** What is being asked **
Beneath this line are the data; copy exactly the part of them that opens with the line containing "an active node." and closes with the line containing "pub fn strange(self, nodes: usize)", and only that part.

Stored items
╔══

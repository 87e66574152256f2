// Whether a node was called, or freed, and through whom.
ghost use Rattle.std.specs.Prelude.{◌≡◌, ◌<◌};
ghost use Rattle.nodes.specs.Words.{num, places};
ghost use Rattle.records.specs.Causes.{why_of, happened, by_itself, sender_of, strange_why, Fits};

use nodes::{Node, Set};

// As a number: 0 not at all, 1 by the node itself, k + 2 by node k.
#[derive(Clone, Copy, Debug, PartialEq, Eq)]
pub struct Cause(pub u64);

// The same by cases. Called by itself is an initiator; freed by itself is an active node.
#[derive(Clone, Copy, Debug, PartialEq, Eq)]
pub enum Why {
    Not,
    Itself,
    By(Node),
}

impl From<Cause> for Why {
    ghost from_gives = { λ cause why. why ≡ why_of cause.0 };

    fn from(cause: Cause) -> Why {
        match cause.0 {
            0 => Why::Not,
            1 => Why::Itself,
            k => Why::By(Node((k - 2) as usize)),
        }
    }
}

impl Cause {
    pub fn itself() -> Cause
        ensures { why_of result.0 ≡ Why.Itself }
    {
        Cause(1)
    }

    pub fn by(k: Node) -> Cause
        requires { k.0 < places }
        ensures { why_of result.0 ≡ Why.By k }
    {
        Cause(k.0 as u64 + 2)
    }

    pub fn happened(self) -> bool
        ensures { result ≡ happened (why_of self.0) }
    {
        !matches!(Why::from(self), Why::Not)
    }

    pub fn by_itself(self) -> bool
        ensures { result ≡ by_itself (why_of self.0) }
    {
        matches!(Why::from(self), Why::Itself)
    }

    // The node that it came from, as a set: nobody if it came from no other node.
    #[tactic(auto, using(nodes::proofs::Operations::with_empty))]
    pub fn sender(self) -> Set
        requires { Fits (why_of self.0) }
        ensures { num result ≡ sender_of (why_of self.0) }
    {
        match Why::from(self) {
            Why::Not | Why::Itself => Set::empty(),
            Why::By(k) => Set::empty().with(k),
        }
    }

    // Whether it names a node that isn't there.
    #[tactic(auto, unfolding(nodes::specs::Sets::no_node))]
    pub fn strange(self, nodes: usize) -> bool
        ensures { result ≡ strange_why nodes (why_of self.0) }
    {
        match Why::from(self) {
            Why::Not | Why::Itself => false,
            Why::By(k) => nodes <= k.0,
        }
    }
}
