// Rounds: which there are, and the one place where two of them are compared.
ghost use Rattle.std.specs.Prelude.{◌≡◌};
ghost use Rattle.records.specs.Rounds.{compare_of, no_round, cannot_open};
ghost use Rattle.records.specs.Rounds.{behind as behind_of, ahead as ahead_of};

use nodes::Round;
use std::cmp::Ordering;

// The last round.
pub const LAST: u64 = 65_535;

// How a round stands to a record's: less is behind it, greater ahead of it.
#[tactic(auto, unfolding(crate::specs::Rounds::compare_of))]
fn compare(round: Round, own: Round) -> Ordering
    ensures { result ≡ compare_of round.0 own.0 }
{
    round.cmp(&own)
}

#[tactic(auto, unfolding(crate::specs::Rounds::behind))]
pub fn behind(round: Round, own: Round) -> bool
    ensures { result ≡ behind_of round.0 own.0 }
{
    compare(round, own).is_lt()
}

#[tactic(auto, unfolding(crate::specs::Rounds::ahead))]
pub fn ahead(round: Round, own: Round) -> bool
    ensures { result ≡ ahead_of round.0 own.0 }
{
    compare(round, own).is_gt()
}

// Whether no round that can be opened has this number.
#[tactic(auto, unfolding(crate::specs::Rounds::no_round))]
pub fn no_round(round: Round) -> bool
    ensures { result ≡ no_round round.0 }
{
    round.0 == 0 || LAST < round.0
}

// Number 10: no such round, or not above the highest so far.
#[tactic(auto, unfolding(crate::specs::Rounds::cannot_open))]
pub fn cannot_open(own: Round, round: Round) -> bool
    ensures { result ≡ cannot_open own.0 round.0 }
{
    no_round(round) || !ahead(round, own)
}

╚══

** Expected answer **
// The same by cases. Called by itself is an initiator; freed by itself is an active node.
#[derive(Clone, Copy, Debug, PartialEq, Eq)]
pub enum Why {
    Not,
    Itself,
    By(Node),
}

impl From<Cause> for Why {
    ghost from_gives = { λ cause why. why ≡ why_of cause.0 };

    fn from(cause: Cause) -> Why {
        match cause.0 {
            0 => Why::Not,
            1 => Why::Itself,
            k => Why::By(Node((k - 2) as usize)),
        }
    }
}

impl Cause {
    pub fn itself() -> Cause
        ensures { why_of result.0 ≡ Why.Itself }
    {
        Cause(1)
    }

    pub fn by(k: Node) -> Cause
        requires { k.0 < places }
        ensures { why_of result.0 ≡ Why.By k }
    {
        Cause(k.0 as u64 + 2)
    }

    pub fn happened(self) -> bool
        ensures { result ≡ happened (why_of self.0) }
    {
        !matches!(Why::from(self), Why::Not)
    }

    pub fn by_itself(self) -> bool
        ensures { result ≡ by_itself (why_of self.0) }
    {
        matches!(Why::from(self), Why::Itself)
    }

    // The node that it came from, as a set: nobody if it came from no other node.
    #[tactic(auto, using(nodes::proofs::Operations::with_empty))]
    pub fn sender(self) -> Set
        requires { Fits (why_of self.0) }
        ensures { num result ≡ sender_of (why_of self.0) }
    {
        match Why::from(self) {
            Why::Not | Why::Itself => Set::empty(),
            Why::By(k) => Set::empty().with(k),
        }
    }

    // Whether it names a node that isn't there.
    #[tactic(auto, unfolding(nodes::specs::Sets::no_node))]
    pub fn strange(self, nodes: usize) -> bool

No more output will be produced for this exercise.